Saved data entries
········
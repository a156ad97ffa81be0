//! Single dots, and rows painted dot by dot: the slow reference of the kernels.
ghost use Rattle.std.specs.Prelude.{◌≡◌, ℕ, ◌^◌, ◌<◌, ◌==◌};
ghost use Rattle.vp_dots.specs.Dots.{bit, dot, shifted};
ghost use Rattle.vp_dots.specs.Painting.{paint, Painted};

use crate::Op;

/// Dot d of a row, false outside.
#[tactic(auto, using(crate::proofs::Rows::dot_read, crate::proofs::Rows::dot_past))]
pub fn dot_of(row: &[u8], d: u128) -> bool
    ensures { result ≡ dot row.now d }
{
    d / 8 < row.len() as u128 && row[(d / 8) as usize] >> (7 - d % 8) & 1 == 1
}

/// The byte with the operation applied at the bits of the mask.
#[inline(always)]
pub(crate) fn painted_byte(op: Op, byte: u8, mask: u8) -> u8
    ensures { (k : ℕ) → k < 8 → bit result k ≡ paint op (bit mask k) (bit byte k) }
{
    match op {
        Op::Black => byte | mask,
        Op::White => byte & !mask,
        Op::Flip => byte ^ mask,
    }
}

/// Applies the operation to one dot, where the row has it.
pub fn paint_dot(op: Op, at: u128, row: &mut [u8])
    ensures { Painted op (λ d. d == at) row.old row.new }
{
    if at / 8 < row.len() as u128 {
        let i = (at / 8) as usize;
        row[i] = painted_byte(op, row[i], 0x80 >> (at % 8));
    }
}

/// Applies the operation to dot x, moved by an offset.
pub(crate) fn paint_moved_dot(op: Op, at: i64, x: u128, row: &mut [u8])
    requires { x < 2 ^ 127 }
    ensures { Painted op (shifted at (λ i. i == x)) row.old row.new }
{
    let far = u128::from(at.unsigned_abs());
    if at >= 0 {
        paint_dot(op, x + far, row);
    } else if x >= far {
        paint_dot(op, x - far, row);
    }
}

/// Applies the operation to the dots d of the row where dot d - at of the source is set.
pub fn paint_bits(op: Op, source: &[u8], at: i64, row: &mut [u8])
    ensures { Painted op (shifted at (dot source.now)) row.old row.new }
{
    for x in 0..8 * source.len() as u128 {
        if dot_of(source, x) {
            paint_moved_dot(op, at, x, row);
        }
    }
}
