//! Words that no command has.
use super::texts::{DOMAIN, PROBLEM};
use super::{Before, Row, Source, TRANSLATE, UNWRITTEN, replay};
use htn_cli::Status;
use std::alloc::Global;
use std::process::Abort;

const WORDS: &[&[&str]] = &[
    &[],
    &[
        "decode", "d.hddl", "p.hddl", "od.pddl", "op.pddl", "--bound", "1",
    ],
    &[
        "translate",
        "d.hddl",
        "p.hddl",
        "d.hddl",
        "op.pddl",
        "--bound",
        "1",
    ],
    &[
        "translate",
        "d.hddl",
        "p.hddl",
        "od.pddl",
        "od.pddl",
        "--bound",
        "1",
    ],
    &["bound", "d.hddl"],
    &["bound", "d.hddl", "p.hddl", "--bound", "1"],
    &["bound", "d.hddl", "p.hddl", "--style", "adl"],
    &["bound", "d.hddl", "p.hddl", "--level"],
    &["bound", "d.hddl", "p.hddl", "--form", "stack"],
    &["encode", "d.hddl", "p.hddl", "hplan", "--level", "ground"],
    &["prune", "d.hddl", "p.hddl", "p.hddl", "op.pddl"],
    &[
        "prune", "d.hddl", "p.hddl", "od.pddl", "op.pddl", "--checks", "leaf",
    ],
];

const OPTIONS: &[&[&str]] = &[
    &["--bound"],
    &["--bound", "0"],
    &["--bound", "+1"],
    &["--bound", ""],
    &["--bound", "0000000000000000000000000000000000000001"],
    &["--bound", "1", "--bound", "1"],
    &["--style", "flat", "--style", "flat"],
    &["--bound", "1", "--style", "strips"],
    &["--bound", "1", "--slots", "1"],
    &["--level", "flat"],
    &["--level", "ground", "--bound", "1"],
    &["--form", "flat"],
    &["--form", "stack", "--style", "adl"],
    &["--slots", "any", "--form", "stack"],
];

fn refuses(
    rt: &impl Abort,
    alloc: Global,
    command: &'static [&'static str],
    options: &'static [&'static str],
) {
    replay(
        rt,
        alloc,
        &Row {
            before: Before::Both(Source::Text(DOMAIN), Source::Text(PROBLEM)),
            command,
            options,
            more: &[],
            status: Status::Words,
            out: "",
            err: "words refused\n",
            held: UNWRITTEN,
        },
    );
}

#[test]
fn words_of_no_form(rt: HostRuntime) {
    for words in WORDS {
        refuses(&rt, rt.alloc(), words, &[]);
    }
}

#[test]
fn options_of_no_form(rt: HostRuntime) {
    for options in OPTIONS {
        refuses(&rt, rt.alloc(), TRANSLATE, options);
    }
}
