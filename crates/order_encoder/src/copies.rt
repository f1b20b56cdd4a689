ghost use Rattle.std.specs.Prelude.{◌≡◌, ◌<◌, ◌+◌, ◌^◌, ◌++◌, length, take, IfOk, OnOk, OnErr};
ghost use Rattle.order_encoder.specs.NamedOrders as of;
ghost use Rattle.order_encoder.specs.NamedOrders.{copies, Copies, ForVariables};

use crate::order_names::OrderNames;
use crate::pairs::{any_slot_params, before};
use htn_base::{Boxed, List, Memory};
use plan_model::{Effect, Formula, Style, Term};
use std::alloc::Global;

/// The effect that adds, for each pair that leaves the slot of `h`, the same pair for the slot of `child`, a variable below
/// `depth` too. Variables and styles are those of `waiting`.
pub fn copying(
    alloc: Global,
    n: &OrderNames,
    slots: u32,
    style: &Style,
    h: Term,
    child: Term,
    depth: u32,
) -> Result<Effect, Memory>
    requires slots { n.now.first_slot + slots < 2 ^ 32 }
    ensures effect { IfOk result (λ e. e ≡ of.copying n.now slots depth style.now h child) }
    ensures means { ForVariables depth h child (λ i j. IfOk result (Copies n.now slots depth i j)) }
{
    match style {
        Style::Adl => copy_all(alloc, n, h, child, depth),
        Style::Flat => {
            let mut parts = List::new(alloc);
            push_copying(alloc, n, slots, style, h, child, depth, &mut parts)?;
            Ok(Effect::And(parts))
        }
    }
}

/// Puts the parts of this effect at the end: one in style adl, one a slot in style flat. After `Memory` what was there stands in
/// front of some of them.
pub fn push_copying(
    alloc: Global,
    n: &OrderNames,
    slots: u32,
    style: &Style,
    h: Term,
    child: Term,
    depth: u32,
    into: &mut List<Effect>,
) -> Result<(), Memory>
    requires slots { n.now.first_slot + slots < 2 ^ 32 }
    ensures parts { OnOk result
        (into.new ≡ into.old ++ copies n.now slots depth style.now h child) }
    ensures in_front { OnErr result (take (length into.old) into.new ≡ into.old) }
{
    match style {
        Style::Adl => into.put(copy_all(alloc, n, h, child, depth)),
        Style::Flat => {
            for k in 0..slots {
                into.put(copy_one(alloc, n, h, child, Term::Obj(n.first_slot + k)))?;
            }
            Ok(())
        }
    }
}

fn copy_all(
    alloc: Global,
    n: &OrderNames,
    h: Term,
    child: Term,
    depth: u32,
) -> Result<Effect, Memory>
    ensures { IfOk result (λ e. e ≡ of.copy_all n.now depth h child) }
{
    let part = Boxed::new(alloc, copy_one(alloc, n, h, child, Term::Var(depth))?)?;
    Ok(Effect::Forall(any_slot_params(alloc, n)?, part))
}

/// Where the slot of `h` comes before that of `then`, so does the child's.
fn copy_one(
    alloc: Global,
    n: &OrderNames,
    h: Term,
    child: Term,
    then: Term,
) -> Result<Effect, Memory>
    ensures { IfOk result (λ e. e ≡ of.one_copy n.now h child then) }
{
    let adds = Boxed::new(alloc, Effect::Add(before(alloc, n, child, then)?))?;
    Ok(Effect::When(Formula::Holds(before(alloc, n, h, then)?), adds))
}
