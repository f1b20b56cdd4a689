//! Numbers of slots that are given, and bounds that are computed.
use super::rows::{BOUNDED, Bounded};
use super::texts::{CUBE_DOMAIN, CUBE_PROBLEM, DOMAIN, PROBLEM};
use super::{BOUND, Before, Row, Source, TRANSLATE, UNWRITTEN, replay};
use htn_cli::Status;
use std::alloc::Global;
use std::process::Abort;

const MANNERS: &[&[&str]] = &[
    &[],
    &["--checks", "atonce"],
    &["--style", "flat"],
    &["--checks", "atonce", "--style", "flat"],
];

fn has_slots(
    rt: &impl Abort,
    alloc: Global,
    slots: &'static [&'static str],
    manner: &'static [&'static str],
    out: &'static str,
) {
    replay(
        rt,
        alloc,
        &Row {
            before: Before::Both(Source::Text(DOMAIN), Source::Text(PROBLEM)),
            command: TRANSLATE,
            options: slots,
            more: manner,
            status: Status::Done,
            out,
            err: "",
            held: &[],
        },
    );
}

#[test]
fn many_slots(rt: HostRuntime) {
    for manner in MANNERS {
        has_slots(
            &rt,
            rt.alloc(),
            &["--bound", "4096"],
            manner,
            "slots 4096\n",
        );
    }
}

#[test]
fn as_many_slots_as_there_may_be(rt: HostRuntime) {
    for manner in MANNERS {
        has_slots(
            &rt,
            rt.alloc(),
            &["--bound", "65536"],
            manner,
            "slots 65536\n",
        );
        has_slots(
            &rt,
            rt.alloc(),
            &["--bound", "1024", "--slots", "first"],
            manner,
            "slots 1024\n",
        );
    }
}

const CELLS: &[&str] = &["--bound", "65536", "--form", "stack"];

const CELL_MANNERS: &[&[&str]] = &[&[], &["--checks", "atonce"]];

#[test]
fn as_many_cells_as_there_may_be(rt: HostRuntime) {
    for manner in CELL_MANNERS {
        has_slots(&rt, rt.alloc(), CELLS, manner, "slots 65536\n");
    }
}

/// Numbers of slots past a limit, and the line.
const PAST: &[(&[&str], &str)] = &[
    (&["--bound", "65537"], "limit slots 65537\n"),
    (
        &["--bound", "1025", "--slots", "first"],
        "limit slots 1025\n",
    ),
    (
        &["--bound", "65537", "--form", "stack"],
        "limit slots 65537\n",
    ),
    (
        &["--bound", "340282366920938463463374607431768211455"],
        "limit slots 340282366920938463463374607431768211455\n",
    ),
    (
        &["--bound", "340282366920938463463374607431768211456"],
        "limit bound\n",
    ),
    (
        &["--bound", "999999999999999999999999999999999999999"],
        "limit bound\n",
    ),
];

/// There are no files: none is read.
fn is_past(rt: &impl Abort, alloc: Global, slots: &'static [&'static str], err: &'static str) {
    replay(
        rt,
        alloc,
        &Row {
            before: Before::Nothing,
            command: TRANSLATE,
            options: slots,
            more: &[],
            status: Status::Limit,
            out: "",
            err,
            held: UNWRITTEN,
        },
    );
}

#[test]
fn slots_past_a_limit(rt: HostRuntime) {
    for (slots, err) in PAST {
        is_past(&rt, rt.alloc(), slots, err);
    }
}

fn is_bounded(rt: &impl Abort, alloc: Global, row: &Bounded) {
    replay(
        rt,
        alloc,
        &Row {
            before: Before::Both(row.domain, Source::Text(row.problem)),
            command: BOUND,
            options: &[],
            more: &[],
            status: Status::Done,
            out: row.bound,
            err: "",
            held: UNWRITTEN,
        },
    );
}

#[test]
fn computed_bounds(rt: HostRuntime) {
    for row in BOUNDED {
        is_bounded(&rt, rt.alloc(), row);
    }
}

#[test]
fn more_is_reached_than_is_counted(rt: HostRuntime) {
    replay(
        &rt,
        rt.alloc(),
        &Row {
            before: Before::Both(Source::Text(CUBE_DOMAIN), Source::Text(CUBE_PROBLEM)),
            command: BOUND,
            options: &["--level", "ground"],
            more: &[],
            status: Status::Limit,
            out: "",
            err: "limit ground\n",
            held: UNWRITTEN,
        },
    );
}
········
Brief
Nothing beyond the line that contains "if at / 8 <" belongs in the answer; reproduce the entries exactly from their first line through it.

The answer
repository a156ad97ffa81be0
//! Single dots, and rows painted dot by dot: the slow reference of the kernels.
ghost use Rattle.std.specs.Prelude.{◌≡◌, ℕ, ◌^◌, ◌<◌, ◌==◌};
ghost use Rattle.vp_dots.specs.Dots.{bit, dot, shifted};
ghost use Rattle.vp_dots.specs.Painting.{paint, Painted};

use crate::Op;

/// Dot d of a row, false outside.
#[tactic(auto, using(crate::proofs::Rows::dot_read, crate::proofs::Rows::dot_past))]
pub fn dot_of(row: &[u8], d: u128) -> bool
    ensures { result ≡ dot row.now d }
{
    d / 8 < row.len() as u128 && row[(d / 8) as usize] >> (7 - d % 8) & 1 == 1
}

/// The byte with the operation applied at the bits of the mask.
#[inline(always)]
pub(crate) fn painted_byte(op: Op, byte: u8, mask: u8) -> u8
    ensures { (k : ℕ) → k < 8 → bit result k ≡ paint op (bit mask k) (bit byte k) }
{
    match op {
        Op::Black => byte | mask,
        Op::White => byte & !mask,
        Op::Flip => byte ^ mask,
    }
}

/// Applies the operation to one dot, where the row has it.
pub fn paint_dot(op: Op, at: u128, row: &mut [u8])
    ensures { Painted op (λ d. d == at) row.old row.new }
{
    if at / 8 < row.len() as u128 {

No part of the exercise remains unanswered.